Patnaik applauded Carney for supporting the construction of a new oil pipeline to the Pacific Ocean, a project that, if completed, would help break that dependence and move more Canadian crude to other markets, mainly in Asia.
British Columbia’s export terminal will be closer to India than the U.S. Gulf Coast, from which India now imports most of its Canadian crude — a quirk of the North American market that, given domestic pipeline constraints, means that much Canadian oil, even oil shipped overseas, flows through the United States.
“You are an energy superpower but you supply only one country,” Patnaik said.
“We will be your largest customer – I think that is possible in the near future. The perception in India is that Canada is a difficult country, a more bureaucratic, over-regulated country,” he said.
Now that Carney is at the helm, “I think people believe he can do more,” he said.
Canada has the world’s third-largest oil reserves and is the world’s fourth-largest producer. (Jeff McIntosh/Canadian Press)
India also wants to increase the share of natural gas in its energy mix to 15% by 2030 from the current 6.2% as part of efforts to build a clean energy system and reduce dependence on coal.
India, already the world’s fourth-largest buyer of LNG, is seeking more supplies to meet these ambitious transition goals.
With seven LNG export projects in various stages of development (two of which Carney has submitted to the Major Projects Office for accelerated approval), Canada could become a preferred supplier to India and its population of more than 1.4 billion.
When asked about India’s need for greater access to Canadian energy, Natural Resources Minister Tim Hodgson said that as middle powers, Canada and India need to get closer in the face of “hegemons” such as the United States that are weaponizing economic integration, part of which includes selling the country more of the products it needs.
“The prime minister has said he wants us to double our trade with India by the end of the century.

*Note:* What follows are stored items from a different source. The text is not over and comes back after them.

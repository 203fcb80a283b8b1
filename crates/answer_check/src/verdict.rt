//! What is said of an answer, as a text and a status.
ghost use Rattle.std.specs.Prelude.{◌≡◌, ◌≢◌, ◌++◌, OnOk, IfOk, codes, decimal};
ghost use Rattle.std.specs.List.{flat_map};
ghost use Rattle.answer_check.specs.Verdicts.{status_of as status_number, true_line, verdict_text};

use cnf_text::{push_atom, push_number};
use ground_solver::Atoms;
use me_terms::{Atom, Signature};
use std::alloc::{AllocError, Global};

/// What is said of an answer.
#[derive(Drop)]
pub enum Verdict {
    /// It shows that no interpretation makes every clause true.
    Refutation,
    /// It shows an interpretation that makes every clause true.
    Model,
    /// The line of this number is not what a line has to be; it is the first such one.
    WrongLine { line: u64 },
    /// The lines are satisfied where these atoms are true and the others false.
    Satisfied { trues: Atoms },
    /// The clause of this number has a productive unifier; it is the first such one.
    Unifier { number: u32 },
    /// The text is none of an answer, and the line of this number is the first that shows it.
    Unread { line: u32 },
    /// Nothing is claimed, since the search gave up.
    Open,
}

/// The exit status.
pub(crate) fn status_of(verdict: &Verdict) -> u8
    ensures status { result ≡ status_number verdict.now }
    ensures own { result ≢ 6 }
{
    match verdict {
        Verdict::Refutation | Verdict::Model => 0,
        Verdict::WrongLine { .. } | Verdict::Satisfied { .. } | Verdict::Unifier { .. } => 8,
        Verdict::Unread { .. } => 9,
        Verdict::Open => 10,
    }
}

/// Puts a line with a number at the end.
fn push_numbered(out: &mut Vec<u8>, words: &[u8], number: u64) -> Result<(), AllocError>
    ensures { OnOk result (out.new.items ≡ out.old.items ++ (words.now ++ (decimal number ++ codes "\n"))) }
{
    out.extend_from_slice(words)?;
    push_number(out, number)?;
    out.extend_from_slice(b"\n")
}

/// Puts the line of an atom that is true at the end.
fn push_true(out: &mut Vec<u8>, signature: &Signature, atom: &Atom) -> Result<(), AllocError>
    ensures { OnOk result (out.new.items ≡ out.old.items ++ true_line signature.now atom.now) }
{
    out.extend_from_slice(b"% true ")?;
    push_atom(out, signature, atom)?;
    out.extend_from_slice(b"\n")
}

/// Puts the lines of the atoms that are true at the end.
fn push_trues(out: &mut Vec<u8>, signature: &Signature, trues: &[Atom]) -> Result<(), AllocError>
    ensures { OnOk result (out.new.items ≡ out.old.items ++ flat_map (true_line signature.now) trues.now) }
{
    for atom in trues {
        push_true(out, signature, atom)?;
    }
    Ok(())
}

/// Puts the text at the end.
fn push_verdict(
    out: &mut Vec<u8>,
    signature: &Signature,
    verdict: &Verdict,
) -> Result<(), AllocError>
    ensures { OnOk result (out.new.items ≡ out.old.items ++ verdict_text signature.now verdict.now) }
{
    match verdict {
        Verdict::Refutation => out.extend_from_slice(b"% check yes refutation\n"),
        Verdict::Model => out.extend_from_slice(b"% check yes model\n"),
        Verdict::WrongLine { line } => push_numbered(out, b"% check no line ", *line),
        Verdict::Satisfied { trues } => {
            out.extend_from_slice(b"% check no assignment\n")?;
            push_trues(out, signature, trues.as_slice())
        }
        Verdict::Unifier { number } => {
            push_numbered(out, b"% check no unifier in clause ", u64::from(*number))
        }
        Verdict::Unread { line } => {
            push_numbered(out, b"% check answer line ", u64::from(*line))
        }
        Verdict::Open => out.extend_from_slice(b"% check none\n"),
    }
}

/// The text, with the atoms over the signature.
pub(crate) fn print_verdict(
    alloc: Global,
    signature: &Signature,
    verdict: &Verdict,
) -> Result<Vec<u8>, AllocError>
    ensures { IfOk result (λ text. text.items ≡ verdict_text signature.now verdict.now) }
{
    let mut out = Vec::new(alloc);
    push_verdict(&mut out, signature, verdict)?;
    Ok(out)
}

I think India is willing to do that as well.
“Frankly, when I went to India a few weeks ago, I was shocked by the positive reception we received,” he said.
Carney and Modi exchanged greetings in Alberta last June, when the two leaders announced they would resume senior diplomatic posts in each other’s countries. (Daryl Dyke/The Canadian Press)

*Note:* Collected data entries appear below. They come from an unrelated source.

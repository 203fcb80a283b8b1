//! Reads a problem from standard input, and writes a refutation or a model to standard output.
#![tactic(auto)]

use darwin_cli::run;
use me_io::{StdSink, StdSource};
use std::io::ErrorKind;
use std::process::ExitCode;
use std::{env, io};
use steal_pool::NoGate;
use szs_print::{Refusal, write_refusal};

/// The program's name and the words after it.
fn words_of(rt: &HostRuntime) -> io::Result<Vec<String>> {
    let mut words = Vec::new(rt.alloc());
    for word in env::args(rt)? {
        words.push(word)?;
    }
    Ok(words)
}

fn main(rt: HostRuntime) -> ExitCode {
    let alloc = rt.alloc();
    let mut source = StdSource::new(rt.stdin());
    let mut sink = StdSink::new(rt.stdout());
    let status = match words_of(&rt) {
        Ok(words) => run(&rt, alloc, &words, &mut source, &mut sink, &NoGate),
        Err(error) => match error.kind() {
            // A word that is no text is not accepted, and neither is a list without words.
            ErrorKind::InvalidData => {
                let none = Vec::new(alloc);
                run(&rt, alloc, &none, &mut source, &mut sink, &NoGate)
            }
            _ => match write_refusal(&mut sink, b"stdin", &Refusal::Memory) {
                Ok(()) => 7,
                Err(_) => 6,
            },
        },
    };
    ExitCode::from(status)
}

Senator Peter Bohm, a former senior diplomat who now chairs the Senate Foreign Affairs and International Trade Committee, said Carney’s trip has the potential to bring huge opportunities to the Canadian economy, given that the relationship has moved from the “crisis management” phase.
“India needs a lot of energy. There’s a lot – a lot – of potential there,” Boehm said.
“About 98% of our energy goes to the United States, but continuity is uncertain at the moment – outward expansion is the way to go.”